• PROBLEM: Copy each line containing "StepList" from the listing below.

━━━ RECORDS PROVIDED

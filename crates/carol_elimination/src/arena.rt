ghost use Rattle.std.specs.Prelude.{◌≡◌, ◌+◌, ◌<◌, ◌++◌, ◌∷◌, [], length, take, IfOk, OnErr};
ghost use Rattle.carol_elimination.specs.Entries.{steps_of, row_in};

use carol_cert::{RowStep, StepList};
use carol_formula::Term;
use std::alloc::{AllocError, Global};
use std::marker::Model;

/// Rows in the order in which they were made, each with the step that made it of given rows and of
/// the rows before it.
#[derive(Debug, Drop)]
pub struct Arena {
    entries: Vec<(RowStep, Term)>,
}

impl Model for Arena {
    ghost use Rattle.std.specs.Prelude.{List};
    ghost use Rattle.carol_cert.specs.declared.step.RowStep.{RowStep};
    ghost use Rattle.carol_formula.specs.Linear.{Linear};

    ghost Value = { List (RowStep × Linear) };

    ghost view = { λ arena. arena.entries.items };
}

// How many rows there is room for.
const MOST_ROWS: usize = 20_000;

impl Arena {
    /// No rows.
    pub fn new(alloc: Global) -> Arena
        ensures { result ≡ [] }
    {
        Arena {
            entries: Vec::new(alloc),
        }
    }

    /// The row with the number.
    pub fn row(&self, at: u32) -> &Term
        requires { at < length self.now }
        ensures { result.now ≡ row_in self.now at }
    {
        &self.entries[at as usize].1
    }

    /// Appends a row, whose number it answers. There is no room for more than 20,000 rows.
    pub fn push(&mut self, step: RowStep, row: Term) -> Result<u32, AllocError>
        ensures number { IfOk result (λ at. at ≡ length self.old) }
        ensures ok { IfOk result (λ _. self.new ≡ self.old ++ (step, row) ∷ []) }
        ensures err { OnErr result (self.new ≡ self.old) }
    {
        let number = self.entries.len();
        if number >= MOST_ROWS {
            return Err(AllocError);
        }
        self.entries.push((step, row))?;
        Ok(number as u32)
    }

    /// The steps up to the row with the number.
    pub fn steps_to(&self, alloc: Global, at: u32) -> Result<StepList, AllocError>
        requires { at < length self.now }
        ensures { IfOk result (λ steps. steps ≡ steps_of (take (at + 1) self.now)) }
    {
        let mut steps = StepList::new(alloc);
        let (front, _) = self.entries.split_at(at as usize + 1);
        for entry in front {
            steps.push(entry.0)?;
        }
        Ok(steps)
    }
}
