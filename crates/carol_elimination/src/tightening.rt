//! Elimination of variables from rows of whole numbers, as functions of the list of rows: stages,
//! the least combination of two rows, chosen values, and branches that are due.
//!
//! The definitions stand in `specs/`, and their laws in `proofs/`, which the crates above cite.
//! What stands here in code is the greatest common divisor.
ghost use Rattle.std.specs.Prelude.{◌≡◌, ◌<◌, ◌≤◌, max};
ghost use Rattle.std.specs.Int.{IsGcd};
ghost use Rattle.carol_elimination.specs.Tightened.{divisor};

/// The greatest common divisor of two numbers: the other one where one of them is 0.
pub fn divisor(a: u128, b: u128) -> u128
    ensures value { result ≡ divisor a b }
    ensures greatest { IsGcd a b result }
    ensures positive { 0 < a → 0 < result }
    ensures bounded { result ≤ max a b }
{
    let mut last = a;
    let mut rest = b;
    while rest != 0 {
        let more = last % rest;
        last = rest;
        rest = more;
    }
    last
}
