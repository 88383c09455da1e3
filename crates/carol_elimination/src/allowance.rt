use std::alloc::AllocError;

/// How much may still be done: rows that are looked at for a variable, and combinations of two
/// rows. Eliminations that share one end together.
#[derive(Debug, Drop)]
pub struct Allowance {
    left: u64,
}

impl Allowance {
    /// So many rows and combinations.
    pub fn new(left: u64) -> Allowance {
        Allowance { left }
    }

    /// Takes so many away. There is no room for more than are left, and none for any from then on.
    pub fn take(&mut self, count: usize) -> Result<(), AllocError> {
        match self.left.checked_sub(count as u64) {
            Some(left) => {
                self.left = left;
                Ok(())
            }
            None => {
                self.left = 0;
                Err(AllocError)
            }
        }
    }
}
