ghost use Rattle.std.specs.Prelude.{◌≡◌, ◌<◌, ◌^◌, ◌↔◌, [], length, IfOk, IfSome, IfNone, IsTrue, OnOk};
ghost use Rattle.carol_formula.specs.Linear.{IsTerm};
ghost use Rattle.carol_elimination.specs.Stage.{first_stage, IsAbsurdRow, variables as all_variables};
ghost use Rattle.carol_elimination.specs.Derived.{AreDerived};
ghost use Rattle.carol_elimination.specs.Stands.{Stand};
ghost use Rattle.carol_elimination.specs.Entries.{terms_of, row_in, rows_in, AreInside};
ghost use Rattle.carol_elimination.specs.Outcome.{AreSound, IsOutcome};

use crate::allowance::Allowance;
use crate::arena::Arena;
use crate::next::{Stop, next};
use crate::stage::Stage;
use carol_cert::{RowStep, StepList};
use carol_formula::{Row, Term, Variable};
use std::alloc::{AllocError, Global};

/// All variables eliminated, one after another.
#[derive(Drop)]
pub struct Elimination {
    /// The rows that were made, with their steps.
    pub arena: Arena,
    /// For each variable the numbers of the rows that stand for all rows of its stage.
    pub stages: Vec<Vec<u32>>,
}

/// What comes of eliminating variables.
#[derive(Drop)]
pub enum Outcome {
    /// No stage has an absurd row.
    Quiet(Elimination),
    /// The steps make an absurd row of the given rows.
    Absurd(StepList),
    /// The least combination of two rows of the arena, which cancels the variable, has a number
    /// that is not below 2^100 in absolute value.
    Wide {
        arena: Arena,
        upper: u32,
        lower: u32,
        variable: u32,
    },
}

// The first stage of the rows.
fn first(alloc: Global, arena: &mut Arena, given: &[Row]) -> Result<Vec<u32>, AllocError>
    requires empty { arena.old ≡ [] }
    requires count { length given.now < 2 ^ 32 }
    ensures inside { IfOk result (λ v. AreInside arena.new v.items) }
    ensures stand { IfOk result (λ v.
        Stand (rows_in arena.new v.items) (first_stage (terms_of given.now))) }
    ensures derived { OnOk result (AreDerived (terms_of given.now) arena.new) }
{
    let mut stage = Stage::new(alloc);
    for at in 0..given.len() {
        let row = given[at].0.copy()?;
        stage.add(arena, RowStep::Given { at: at as u32 }, row)?;
    }
    Ok(stage.into_rows())
}

// The number of an absurd row of the stage.
fn absurd(arena: &Arena, rows: &[u32]) -> Option<u32>
    requires { AreInside arena.now rows.now }
    ensures some { IfSome result (λ at.
        (at < length arena.now) × IsAbsurdRow (row_in arena.now at)) }
    ensures none { IfNone result (AreSound (rows_in arena.now rows.now)) }
{
    for at in rows {
        let row = arena.row(*at);
        if is_absurd(row) {
            return Some(*at);
        }
    }
    None
}

// Whether the row has no variable, and its constant makes it false.
fn is_absurd(row: &Term) -> bool
    ensures value { IsTrue result ↔ IsAbsurdRow row.now }
    ensures term { IsTerm row.now }
{
    row.pairs().is_empty() && row.rest() > 0
}

/// Eliminates all variables, which are those of the given rows in ascending order. It ends at the
/// first stage with an absurd row, and at the first combination that is too wide. Beyond what is
/// allowed there is no room for more rows.
pub fn eliminate(
    alloc: Global,
    given: &[Row],
    variables: &[u32],
    allowance: &mut Allowance,
) -> Result<Outcome, AllocError>
    requires count { length given.now < 2 ^ 32 }
    requires variables { variables.now ≡ all_variables (terms_of given.now) }
    ensures { IfOk result (IsOutcome (terms_of given.now) variables.now) }
{
    let mut arena = Arena::new(alloc);
    let mut rows = first(alloc, &mut arena, given)?;
    let mut stages = Vec::new(alloc);
    for x in variables {
        if let Some(at) = absurd(&arena, &rows) {
            return Ok(Outcome::Absurd(arena.steps_to(alloc, at)?));
        }
        match next(alloc, &mut arena, &rows, Variable(*x), allowance) {
            Ok(more) => {
                stages.push(rows)?;
                rows = more;
            }
            Err(Stop::Wide { upper, lower }) => {
                return Ok(Outcome::Wide {
                    arena,
                    upper,
                    lower,
                    variable: *x,
                });
            }
            Err(Stop::NoMemory) => return Err(AllocError),
        }
    }
    if let Some(at) = absurd(&arena, &rows) {
        return Ok(Outcome::Absurd(arena.steps_to(alloc, at)?));
    }
    Ok(Outcome::Quiet(Elimination { arena, stages }))
}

━━━━━━

• TASK RESULT:
use carol_cert::{RowStep, StepList};
    pub fn steps_to(&self, alloc: Global, at: u32) -> Result<StepList, AllocError>
        let mut steps = StepList::new(alloc);
use carol_cert::{RowStep, StepList};
    Absurd(StepList),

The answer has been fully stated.